## Work order
Of all the lines in the material, count those containing the string "IsPath" and write only the resulting number.

▬▬▬▬▬▬▬▬▬▬

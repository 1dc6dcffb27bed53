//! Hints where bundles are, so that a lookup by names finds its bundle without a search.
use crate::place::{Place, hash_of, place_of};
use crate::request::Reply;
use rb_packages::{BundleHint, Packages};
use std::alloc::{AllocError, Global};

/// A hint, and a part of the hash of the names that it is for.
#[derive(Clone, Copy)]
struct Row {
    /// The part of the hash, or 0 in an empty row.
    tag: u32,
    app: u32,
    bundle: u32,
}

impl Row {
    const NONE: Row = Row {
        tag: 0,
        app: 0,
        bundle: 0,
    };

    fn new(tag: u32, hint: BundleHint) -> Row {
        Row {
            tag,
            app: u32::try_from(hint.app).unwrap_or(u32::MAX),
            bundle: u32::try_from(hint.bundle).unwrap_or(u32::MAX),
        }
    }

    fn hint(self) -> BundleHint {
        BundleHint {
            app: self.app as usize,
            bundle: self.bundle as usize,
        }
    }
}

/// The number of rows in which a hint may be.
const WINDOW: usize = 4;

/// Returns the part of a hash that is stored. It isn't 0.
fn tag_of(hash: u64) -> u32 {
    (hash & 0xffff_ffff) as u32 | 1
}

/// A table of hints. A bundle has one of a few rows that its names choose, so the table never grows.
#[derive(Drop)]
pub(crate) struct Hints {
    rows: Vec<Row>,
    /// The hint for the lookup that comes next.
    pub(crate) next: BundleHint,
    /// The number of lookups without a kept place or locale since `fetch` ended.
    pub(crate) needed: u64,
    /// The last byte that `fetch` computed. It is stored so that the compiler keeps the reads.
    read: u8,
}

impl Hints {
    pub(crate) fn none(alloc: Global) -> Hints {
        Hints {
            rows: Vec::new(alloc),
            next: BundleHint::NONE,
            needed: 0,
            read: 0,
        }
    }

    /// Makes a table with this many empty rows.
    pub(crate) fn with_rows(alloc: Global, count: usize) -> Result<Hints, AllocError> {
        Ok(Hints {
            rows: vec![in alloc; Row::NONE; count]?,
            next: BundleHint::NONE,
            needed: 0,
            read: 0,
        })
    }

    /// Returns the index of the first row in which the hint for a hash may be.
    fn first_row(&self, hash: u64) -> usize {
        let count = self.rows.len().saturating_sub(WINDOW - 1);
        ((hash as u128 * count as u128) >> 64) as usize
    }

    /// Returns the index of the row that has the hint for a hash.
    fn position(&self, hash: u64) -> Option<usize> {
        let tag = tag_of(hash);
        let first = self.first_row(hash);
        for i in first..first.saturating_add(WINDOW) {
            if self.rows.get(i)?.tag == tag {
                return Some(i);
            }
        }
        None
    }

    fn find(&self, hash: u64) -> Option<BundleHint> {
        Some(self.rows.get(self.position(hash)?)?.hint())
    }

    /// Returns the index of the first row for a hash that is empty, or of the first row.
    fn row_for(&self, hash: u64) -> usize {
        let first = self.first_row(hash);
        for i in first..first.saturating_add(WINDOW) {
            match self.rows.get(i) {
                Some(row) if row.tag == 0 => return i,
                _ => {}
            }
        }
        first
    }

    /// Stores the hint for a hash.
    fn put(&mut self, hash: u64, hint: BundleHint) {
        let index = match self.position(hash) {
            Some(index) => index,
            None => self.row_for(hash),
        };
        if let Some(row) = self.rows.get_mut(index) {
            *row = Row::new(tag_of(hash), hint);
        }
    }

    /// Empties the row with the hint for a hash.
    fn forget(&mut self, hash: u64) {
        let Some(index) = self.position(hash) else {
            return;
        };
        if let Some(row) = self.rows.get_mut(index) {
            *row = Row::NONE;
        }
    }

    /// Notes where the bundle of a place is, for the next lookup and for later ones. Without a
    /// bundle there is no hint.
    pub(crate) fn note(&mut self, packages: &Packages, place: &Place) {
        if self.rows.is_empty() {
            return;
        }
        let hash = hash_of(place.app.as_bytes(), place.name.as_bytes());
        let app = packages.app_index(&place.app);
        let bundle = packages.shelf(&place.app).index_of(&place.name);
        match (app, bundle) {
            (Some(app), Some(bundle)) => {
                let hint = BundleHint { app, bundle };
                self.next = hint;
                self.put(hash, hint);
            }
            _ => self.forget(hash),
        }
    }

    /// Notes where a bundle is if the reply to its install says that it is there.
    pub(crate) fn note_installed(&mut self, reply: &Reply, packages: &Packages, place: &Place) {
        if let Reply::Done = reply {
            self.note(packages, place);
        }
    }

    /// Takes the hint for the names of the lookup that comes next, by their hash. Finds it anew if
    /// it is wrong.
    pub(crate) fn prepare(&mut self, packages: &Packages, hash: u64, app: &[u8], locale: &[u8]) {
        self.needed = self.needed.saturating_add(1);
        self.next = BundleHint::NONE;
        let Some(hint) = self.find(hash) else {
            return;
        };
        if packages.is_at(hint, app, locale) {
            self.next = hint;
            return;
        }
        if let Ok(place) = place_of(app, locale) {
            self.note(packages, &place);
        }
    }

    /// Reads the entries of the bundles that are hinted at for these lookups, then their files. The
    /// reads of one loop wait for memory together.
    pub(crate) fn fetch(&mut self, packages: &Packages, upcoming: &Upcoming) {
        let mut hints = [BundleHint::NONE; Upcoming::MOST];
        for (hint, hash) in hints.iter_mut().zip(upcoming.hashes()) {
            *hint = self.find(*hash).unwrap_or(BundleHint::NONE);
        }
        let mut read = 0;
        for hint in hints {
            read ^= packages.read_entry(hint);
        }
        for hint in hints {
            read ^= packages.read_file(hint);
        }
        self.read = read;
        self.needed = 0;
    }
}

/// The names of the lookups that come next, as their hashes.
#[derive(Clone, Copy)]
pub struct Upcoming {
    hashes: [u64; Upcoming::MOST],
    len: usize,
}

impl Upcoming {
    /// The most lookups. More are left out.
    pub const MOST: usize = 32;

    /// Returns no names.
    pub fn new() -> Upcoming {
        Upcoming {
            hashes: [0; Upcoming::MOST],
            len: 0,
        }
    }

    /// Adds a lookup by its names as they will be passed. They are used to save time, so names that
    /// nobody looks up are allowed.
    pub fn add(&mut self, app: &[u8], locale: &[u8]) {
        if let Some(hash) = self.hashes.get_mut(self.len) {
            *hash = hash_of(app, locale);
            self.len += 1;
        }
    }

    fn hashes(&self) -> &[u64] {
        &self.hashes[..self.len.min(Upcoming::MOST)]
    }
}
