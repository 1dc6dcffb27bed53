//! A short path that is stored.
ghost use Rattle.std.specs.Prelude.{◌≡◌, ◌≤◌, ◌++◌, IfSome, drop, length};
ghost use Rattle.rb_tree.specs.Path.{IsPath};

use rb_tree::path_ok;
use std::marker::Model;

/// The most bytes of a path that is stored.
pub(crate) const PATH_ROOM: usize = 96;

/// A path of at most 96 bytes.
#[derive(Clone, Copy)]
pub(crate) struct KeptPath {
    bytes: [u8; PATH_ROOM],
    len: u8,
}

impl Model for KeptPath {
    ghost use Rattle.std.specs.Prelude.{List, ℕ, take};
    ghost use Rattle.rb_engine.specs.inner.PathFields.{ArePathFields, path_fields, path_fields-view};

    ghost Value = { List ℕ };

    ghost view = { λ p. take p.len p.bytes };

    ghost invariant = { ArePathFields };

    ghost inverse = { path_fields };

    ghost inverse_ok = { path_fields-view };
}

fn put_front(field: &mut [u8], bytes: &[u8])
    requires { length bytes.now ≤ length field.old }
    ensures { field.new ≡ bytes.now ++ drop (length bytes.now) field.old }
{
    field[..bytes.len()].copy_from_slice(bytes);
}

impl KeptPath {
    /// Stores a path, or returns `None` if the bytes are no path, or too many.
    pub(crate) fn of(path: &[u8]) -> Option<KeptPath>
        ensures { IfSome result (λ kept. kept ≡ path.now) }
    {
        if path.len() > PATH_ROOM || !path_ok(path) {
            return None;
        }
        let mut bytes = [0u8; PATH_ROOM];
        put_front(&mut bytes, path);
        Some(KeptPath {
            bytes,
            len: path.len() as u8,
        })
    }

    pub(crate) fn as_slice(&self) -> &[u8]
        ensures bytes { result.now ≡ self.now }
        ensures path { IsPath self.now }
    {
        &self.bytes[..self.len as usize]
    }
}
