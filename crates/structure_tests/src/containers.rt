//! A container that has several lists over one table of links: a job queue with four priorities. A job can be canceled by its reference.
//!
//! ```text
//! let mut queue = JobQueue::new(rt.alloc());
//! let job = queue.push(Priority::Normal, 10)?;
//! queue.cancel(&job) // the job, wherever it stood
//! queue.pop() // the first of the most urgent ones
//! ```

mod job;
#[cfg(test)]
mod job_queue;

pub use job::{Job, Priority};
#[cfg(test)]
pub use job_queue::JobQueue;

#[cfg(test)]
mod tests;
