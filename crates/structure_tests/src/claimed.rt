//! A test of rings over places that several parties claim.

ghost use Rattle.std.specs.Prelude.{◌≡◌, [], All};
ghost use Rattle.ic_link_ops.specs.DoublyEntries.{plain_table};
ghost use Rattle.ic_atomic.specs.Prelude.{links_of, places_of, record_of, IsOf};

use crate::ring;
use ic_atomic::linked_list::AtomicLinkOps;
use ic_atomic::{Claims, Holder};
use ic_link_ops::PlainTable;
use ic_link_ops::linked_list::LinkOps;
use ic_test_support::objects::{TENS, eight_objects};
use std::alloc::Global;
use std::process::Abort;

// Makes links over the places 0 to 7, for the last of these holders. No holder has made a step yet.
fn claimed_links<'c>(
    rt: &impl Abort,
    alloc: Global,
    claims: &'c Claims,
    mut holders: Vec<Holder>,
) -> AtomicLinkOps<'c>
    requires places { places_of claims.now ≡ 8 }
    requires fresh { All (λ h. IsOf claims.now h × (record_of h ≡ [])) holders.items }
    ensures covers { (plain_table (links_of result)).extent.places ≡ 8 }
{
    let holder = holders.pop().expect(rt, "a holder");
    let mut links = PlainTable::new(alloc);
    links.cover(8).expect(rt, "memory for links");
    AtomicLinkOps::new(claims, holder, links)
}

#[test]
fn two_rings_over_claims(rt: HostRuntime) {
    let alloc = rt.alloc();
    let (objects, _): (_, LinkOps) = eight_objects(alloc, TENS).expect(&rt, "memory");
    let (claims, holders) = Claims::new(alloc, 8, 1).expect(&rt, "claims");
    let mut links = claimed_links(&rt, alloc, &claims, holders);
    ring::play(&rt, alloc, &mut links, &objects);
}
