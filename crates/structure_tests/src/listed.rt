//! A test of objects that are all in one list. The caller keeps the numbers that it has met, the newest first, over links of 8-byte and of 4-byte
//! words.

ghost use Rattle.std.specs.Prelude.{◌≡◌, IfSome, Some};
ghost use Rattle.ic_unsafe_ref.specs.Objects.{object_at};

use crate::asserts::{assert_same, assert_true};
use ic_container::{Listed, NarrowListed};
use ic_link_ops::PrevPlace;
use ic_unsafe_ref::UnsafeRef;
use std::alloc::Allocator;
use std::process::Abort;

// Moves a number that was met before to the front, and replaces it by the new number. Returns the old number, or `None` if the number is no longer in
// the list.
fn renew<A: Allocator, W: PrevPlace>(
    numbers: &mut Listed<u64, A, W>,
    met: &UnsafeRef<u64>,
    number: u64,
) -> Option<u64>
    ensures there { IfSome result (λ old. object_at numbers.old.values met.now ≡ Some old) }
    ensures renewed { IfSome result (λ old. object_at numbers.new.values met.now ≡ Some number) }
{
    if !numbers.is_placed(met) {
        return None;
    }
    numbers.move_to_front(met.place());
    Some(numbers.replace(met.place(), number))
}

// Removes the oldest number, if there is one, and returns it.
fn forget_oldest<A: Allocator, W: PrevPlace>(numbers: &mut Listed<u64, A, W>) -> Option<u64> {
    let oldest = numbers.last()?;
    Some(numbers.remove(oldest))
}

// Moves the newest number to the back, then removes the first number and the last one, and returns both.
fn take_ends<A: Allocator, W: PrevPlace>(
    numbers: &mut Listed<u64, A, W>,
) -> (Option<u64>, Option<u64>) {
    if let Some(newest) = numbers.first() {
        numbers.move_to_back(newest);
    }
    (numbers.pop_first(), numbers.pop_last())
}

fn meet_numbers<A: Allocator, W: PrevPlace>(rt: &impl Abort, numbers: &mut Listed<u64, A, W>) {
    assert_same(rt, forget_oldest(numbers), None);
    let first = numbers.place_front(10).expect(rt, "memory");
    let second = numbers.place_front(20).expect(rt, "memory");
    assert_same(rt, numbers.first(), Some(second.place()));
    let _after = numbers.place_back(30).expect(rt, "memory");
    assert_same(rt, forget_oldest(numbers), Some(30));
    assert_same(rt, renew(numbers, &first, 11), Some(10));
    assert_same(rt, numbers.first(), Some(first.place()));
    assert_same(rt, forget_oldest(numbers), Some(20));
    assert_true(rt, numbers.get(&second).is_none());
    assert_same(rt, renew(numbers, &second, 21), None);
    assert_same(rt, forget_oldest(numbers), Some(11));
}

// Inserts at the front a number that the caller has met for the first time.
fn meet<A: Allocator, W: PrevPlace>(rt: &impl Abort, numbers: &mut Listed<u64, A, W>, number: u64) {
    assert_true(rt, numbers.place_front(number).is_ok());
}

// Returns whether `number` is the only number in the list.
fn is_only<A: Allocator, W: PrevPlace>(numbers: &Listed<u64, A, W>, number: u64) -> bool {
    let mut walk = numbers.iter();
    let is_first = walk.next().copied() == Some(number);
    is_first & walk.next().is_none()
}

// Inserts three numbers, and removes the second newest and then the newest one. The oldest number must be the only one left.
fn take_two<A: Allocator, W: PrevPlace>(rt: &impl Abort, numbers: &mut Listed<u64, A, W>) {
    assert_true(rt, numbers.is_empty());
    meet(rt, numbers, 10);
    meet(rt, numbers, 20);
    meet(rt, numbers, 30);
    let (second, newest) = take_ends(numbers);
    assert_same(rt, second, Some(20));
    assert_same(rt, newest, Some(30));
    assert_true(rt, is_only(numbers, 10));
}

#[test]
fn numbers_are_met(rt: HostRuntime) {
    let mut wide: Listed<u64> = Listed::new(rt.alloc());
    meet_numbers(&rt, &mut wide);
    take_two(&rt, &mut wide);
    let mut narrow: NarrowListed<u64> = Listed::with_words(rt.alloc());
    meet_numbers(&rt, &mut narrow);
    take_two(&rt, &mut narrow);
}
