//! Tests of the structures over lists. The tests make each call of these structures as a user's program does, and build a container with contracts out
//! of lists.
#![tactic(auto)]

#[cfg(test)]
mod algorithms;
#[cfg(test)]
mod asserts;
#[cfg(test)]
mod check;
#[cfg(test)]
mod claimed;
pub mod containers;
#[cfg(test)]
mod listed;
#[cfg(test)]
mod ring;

▬▬▬▬▬▬▬▬▬▬

## Output of the task
2